How to complete this task: Copy all lines in the material holding the string "seeds".

Records to use:
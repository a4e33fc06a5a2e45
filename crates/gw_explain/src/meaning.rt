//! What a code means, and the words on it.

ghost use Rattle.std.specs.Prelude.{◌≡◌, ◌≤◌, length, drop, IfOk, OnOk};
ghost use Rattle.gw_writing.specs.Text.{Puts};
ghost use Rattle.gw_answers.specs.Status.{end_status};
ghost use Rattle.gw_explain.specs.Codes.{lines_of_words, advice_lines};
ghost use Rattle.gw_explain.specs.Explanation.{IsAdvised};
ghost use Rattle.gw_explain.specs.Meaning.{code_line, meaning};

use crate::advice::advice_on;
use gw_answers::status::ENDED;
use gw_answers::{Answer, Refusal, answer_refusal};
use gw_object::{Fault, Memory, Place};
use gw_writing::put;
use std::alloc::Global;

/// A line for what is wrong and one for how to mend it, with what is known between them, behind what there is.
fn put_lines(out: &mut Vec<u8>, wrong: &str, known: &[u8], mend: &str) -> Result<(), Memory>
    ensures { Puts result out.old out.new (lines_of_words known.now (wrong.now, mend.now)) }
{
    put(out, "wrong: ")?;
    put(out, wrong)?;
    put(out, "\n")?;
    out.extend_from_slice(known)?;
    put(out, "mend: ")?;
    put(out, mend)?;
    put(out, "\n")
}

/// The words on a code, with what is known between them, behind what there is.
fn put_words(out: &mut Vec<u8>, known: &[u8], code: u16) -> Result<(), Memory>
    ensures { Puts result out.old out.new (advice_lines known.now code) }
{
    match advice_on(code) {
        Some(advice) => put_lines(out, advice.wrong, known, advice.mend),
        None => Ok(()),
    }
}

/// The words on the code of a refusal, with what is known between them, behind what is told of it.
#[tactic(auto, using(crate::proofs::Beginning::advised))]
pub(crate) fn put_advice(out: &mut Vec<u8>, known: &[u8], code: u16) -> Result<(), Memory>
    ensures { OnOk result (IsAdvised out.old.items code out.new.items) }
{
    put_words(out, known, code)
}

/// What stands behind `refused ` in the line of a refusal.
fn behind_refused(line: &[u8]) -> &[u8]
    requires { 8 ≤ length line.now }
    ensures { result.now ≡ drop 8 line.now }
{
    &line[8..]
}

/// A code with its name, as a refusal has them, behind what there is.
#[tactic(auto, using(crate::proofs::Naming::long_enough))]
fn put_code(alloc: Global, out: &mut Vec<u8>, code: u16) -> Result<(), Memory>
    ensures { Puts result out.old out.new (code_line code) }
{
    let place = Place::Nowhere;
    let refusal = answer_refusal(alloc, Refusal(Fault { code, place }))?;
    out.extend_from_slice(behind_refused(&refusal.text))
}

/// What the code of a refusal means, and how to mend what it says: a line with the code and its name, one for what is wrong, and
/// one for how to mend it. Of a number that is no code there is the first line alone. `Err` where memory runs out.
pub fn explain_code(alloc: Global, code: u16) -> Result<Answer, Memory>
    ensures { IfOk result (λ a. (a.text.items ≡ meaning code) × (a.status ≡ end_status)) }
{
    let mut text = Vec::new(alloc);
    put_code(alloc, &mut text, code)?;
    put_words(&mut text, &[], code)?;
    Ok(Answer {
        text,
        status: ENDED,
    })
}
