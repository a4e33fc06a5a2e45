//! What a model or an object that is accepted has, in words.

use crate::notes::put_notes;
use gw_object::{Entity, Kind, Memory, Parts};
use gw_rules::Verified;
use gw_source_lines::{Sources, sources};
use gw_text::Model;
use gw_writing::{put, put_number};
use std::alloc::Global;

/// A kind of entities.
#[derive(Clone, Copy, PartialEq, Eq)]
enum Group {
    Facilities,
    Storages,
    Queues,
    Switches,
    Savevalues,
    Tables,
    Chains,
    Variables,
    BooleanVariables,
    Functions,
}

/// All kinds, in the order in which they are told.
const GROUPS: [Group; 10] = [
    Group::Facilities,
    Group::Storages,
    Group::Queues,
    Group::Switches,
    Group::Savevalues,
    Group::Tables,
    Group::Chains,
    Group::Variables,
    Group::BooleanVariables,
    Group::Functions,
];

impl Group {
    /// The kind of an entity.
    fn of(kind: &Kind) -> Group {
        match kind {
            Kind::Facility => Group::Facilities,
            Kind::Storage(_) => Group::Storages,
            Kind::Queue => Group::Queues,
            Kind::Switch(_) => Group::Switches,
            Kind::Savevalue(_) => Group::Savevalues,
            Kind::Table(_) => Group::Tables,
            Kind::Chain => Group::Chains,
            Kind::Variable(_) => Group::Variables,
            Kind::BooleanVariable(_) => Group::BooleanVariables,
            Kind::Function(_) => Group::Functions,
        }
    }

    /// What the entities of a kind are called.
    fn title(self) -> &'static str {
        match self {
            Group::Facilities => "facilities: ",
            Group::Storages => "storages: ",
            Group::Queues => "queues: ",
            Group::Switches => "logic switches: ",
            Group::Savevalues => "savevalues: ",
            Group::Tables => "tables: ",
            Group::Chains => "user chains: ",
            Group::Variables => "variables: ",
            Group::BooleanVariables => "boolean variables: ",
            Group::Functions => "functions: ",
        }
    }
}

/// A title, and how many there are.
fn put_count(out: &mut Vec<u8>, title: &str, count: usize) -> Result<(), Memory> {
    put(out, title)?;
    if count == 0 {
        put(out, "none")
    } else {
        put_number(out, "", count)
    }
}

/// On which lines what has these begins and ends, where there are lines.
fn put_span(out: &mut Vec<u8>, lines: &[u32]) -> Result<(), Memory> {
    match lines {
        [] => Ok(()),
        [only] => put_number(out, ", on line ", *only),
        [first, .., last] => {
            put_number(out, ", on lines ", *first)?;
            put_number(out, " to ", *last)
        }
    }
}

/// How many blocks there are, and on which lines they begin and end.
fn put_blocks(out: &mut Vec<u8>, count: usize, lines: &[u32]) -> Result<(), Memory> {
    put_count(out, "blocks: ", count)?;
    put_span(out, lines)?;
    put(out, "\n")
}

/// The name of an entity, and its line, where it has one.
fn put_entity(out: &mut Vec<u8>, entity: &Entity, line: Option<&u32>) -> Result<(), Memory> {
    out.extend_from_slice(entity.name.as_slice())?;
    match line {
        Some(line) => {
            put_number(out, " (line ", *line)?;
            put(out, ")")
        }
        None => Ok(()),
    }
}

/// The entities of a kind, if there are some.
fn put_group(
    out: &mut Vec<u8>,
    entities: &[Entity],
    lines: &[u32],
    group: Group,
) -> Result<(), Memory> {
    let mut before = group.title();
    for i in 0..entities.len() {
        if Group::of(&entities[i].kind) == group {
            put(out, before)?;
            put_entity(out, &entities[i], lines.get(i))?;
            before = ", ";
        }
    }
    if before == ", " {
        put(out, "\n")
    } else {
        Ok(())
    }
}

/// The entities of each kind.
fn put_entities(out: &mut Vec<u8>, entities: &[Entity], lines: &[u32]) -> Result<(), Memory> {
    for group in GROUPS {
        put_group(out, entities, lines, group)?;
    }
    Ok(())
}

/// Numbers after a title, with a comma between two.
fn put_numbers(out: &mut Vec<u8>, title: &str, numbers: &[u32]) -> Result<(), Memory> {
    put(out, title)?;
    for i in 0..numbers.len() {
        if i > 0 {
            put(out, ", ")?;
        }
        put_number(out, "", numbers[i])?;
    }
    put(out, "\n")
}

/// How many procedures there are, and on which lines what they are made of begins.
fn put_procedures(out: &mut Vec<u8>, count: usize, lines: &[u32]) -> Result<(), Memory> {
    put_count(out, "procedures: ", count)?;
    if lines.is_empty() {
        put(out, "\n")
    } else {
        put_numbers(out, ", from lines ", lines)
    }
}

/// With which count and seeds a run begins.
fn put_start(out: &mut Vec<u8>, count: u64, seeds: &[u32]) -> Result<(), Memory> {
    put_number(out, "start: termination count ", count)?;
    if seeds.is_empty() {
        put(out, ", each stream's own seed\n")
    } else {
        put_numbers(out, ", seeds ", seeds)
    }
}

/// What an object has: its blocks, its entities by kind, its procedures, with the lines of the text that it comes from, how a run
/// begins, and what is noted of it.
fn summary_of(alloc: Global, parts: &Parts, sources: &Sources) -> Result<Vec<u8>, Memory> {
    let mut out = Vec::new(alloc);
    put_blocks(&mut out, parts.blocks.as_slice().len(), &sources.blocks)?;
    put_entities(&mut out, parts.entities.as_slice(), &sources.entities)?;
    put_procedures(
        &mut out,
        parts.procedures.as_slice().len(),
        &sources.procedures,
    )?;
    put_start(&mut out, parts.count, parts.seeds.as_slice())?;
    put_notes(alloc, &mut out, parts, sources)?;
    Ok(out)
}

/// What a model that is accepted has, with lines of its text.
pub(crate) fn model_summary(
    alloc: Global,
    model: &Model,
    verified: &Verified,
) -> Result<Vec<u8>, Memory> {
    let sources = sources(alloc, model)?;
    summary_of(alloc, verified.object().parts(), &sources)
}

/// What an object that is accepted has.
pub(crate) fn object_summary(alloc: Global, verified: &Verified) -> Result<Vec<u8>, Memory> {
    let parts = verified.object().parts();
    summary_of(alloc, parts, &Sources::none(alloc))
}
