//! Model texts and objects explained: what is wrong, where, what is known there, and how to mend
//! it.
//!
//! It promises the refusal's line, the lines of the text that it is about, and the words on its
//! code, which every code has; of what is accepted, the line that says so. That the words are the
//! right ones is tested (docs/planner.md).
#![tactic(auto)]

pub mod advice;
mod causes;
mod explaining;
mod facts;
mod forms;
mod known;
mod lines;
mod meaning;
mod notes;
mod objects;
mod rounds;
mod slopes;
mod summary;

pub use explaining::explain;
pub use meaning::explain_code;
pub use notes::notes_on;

...

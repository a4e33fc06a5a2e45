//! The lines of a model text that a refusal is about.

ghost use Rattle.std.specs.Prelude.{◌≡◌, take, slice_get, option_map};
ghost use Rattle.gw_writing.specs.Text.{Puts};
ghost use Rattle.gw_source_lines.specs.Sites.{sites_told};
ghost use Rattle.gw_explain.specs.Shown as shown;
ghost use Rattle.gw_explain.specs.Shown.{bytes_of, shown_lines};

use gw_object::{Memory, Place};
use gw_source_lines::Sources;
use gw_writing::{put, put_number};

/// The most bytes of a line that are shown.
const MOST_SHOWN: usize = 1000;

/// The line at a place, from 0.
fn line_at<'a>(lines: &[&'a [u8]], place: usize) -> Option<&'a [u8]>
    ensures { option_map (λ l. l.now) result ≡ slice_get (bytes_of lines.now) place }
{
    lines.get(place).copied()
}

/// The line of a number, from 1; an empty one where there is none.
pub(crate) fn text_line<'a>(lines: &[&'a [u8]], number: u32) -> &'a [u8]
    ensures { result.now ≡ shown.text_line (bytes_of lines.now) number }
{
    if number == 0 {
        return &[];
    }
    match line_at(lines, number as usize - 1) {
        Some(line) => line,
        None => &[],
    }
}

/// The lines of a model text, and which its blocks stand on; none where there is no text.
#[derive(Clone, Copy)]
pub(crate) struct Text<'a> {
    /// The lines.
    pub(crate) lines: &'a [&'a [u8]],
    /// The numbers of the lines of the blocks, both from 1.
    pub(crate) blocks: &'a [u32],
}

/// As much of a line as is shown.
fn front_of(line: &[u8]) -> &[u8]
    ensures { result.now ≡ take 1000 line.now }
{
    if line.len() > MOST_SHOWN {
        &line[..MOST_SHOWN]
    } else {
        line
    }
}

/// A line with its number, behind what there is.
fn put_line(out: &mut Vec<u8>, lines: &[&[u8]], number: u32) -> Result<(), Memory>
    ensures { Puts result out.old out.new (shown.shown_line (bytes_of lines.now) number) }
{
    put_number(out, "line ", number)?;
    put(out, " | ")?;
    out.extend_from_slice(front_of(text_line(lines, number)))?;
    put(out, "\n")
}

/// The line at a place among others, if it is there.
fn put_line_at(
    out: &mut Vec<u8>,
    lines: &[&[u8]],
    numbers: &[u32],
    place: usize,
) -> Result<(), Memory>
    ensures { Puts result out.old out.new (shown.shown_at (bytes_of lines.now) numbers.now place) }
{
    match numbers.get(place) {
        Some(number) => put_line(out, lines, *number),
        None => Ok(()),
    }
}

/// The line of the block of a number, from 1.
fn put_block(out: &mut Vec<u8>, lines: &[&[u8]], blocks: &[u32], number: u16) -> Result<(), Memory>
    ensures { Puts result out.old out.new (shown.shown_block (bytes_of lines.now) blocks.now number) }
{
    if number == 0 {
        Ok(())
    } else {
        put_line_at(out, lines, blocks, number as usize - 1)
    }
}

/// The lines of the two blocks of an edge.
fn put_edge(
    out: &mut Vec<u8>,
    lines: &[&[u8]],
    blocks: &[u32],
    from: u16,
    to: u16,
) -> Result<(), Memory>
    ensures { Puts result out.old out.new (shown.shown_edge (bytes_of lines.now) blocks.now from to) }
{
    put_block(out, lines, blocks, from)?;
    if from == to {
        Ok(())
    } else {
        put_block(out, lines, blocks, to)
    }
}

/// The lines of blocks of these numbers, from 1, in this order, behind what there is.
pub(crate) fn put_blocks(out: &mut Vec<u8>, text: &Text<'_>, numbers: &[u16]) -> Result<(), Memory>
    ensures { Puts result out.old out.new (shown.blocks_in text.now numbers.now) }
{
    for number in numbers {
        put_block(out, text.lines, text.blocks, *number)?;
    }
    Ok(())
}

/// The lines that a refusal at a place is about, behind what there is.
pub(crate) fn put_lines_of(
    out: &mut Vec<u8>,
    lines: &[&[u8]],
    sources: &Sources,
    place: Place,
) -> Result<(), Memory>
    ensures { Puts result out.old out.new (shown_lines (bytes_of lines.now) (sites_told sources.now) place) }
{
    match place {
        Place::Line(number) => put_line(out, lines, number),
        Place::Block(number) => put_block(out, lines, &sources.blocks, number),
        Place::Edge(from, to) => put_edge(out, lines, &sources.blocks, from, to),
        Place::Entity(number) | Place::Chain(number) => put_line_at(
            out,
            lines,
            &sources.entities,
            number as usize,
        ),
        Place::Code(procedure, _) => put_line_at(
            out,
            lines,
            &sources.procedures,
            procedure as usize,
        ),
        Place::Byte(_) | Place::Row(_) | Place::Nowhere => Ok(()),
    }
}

...

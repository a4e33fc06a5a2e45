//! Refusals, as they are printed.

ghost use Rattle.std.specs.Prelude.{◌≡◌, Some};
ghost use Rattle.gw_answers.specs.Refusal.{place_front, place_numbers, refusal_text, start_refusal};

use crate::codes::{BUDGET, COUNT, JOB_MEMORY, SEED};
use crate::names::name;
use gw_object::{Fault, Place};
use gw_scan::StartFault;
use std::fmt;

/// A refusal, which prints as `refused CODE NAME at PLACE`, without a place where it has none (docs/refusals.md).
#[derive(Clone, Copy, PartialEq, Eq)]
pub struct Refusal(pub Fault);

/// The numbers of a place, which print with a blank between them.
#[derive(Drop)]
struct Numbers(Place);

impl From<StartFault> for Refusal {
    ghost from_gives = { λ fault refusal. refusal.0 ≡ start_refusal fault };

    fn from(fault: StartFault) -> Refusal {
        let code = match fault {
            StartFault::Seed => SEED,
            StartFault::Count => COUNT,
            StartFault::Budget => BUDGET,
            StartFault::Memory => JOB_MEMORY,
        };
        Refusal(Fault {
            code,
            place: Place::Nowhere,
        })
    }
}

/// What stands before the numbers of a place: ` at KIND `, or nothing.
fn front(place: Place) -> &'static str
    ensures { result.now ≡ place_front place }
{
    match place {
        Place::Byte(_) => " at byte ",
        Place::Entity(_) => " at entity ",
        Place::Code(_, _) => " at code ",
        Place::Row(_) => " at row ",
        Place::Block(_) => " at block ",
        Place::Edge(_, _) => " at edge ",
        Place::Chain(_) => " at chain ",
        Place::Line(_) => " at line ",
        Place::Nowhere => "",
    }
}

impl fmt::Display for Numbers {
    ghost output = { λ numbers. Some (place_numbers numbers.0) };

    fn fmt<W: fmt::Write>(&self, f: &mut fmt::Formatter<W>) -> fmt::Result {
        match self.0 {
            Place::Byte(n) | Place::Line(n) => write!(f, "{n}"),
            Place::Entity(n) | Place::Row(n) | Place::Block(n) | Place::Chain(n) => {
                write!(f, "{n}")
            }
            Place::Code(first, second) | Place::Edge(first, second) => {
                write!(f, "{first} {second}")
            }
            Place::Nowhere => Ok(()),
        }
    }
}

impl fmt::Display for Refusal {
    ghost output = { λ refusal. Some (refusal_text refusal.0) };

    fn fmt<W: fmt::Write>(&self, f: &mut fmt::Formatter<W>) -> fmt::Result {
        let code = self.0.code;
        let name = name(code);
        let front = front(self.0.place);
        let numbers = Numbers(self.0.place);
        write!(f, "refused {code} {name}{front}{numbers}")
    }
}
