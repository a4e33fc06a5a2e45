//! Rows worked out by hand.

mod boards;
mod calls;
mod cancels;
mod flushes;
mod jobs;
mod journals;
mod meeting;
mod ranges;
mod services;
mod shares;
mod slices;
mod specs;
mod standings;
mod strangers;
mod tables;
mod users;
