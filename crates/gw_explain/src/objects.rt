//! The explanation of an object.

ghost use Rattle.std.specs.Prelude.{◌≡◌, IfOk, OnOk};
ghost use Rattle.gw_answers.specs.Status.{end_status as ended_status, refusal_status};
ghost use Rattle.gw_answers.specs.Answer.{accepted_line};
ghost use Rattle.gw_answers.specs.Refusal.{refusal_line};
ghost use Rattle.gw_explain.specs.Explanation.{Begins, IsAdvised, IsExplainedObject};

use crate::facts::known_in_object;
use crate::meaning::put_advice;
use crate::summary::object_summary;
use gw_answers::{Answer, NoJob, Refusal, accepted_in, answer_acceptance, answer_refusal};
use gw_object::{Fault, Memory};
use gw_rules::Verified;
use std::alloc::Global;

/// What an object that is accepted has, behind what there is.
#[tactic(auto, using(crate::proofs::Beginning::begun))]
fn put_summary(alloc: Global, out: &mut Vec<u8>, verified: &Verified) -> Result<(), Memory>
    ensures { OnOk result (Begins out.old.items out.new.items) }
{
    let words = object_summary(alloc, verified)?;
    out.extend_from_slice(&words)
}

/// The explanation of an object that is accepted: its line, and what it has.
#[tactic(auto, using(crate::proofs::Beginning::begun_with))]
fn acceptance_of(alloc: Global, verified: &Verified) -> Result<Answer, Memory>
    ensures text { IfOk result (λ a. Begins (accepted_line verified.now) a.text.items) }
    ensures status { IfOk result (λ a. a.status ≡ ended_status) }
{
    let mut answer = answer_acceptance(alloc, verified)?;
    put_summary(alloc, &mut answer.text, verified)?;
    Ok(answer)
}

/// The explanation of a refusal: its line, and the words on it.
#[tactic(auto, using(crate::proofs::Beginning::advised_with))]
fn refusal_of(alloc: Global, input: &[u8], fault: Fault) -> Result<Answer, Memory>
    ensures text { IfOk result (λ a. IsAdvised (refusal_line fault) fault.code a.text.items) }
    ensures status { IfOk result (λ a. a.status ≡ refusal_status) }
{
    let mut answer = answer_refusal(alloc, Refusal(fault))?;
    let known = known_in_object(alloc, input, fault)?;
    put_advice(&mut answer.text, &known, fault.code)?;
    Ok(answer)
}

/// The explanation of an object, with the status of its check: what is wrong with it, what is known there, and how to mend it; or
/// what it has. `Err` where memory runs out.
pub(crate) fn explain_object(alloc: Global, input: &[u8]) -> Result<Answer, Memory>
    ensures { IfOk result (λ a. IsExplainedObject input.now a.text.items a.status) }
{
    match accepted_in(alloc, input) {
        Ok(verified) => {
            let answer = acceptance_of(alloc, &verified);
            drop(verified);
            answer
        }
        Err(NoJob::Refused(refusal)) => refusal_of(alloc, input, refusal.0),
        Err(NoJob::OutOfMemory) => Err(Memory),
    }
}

Solution to this problem:
/// With which count and seeds a run begins.
fn put_start(out: &mut Vec<u8>, count: u64, seeds: &[u32]) -> Result<(), Memory> {
    if seeds.is_empty() {
        put_numbers(out, ", seeds ", seeds)
    put_start(&mut out, parts.count, parts.seeds.as_slice())?;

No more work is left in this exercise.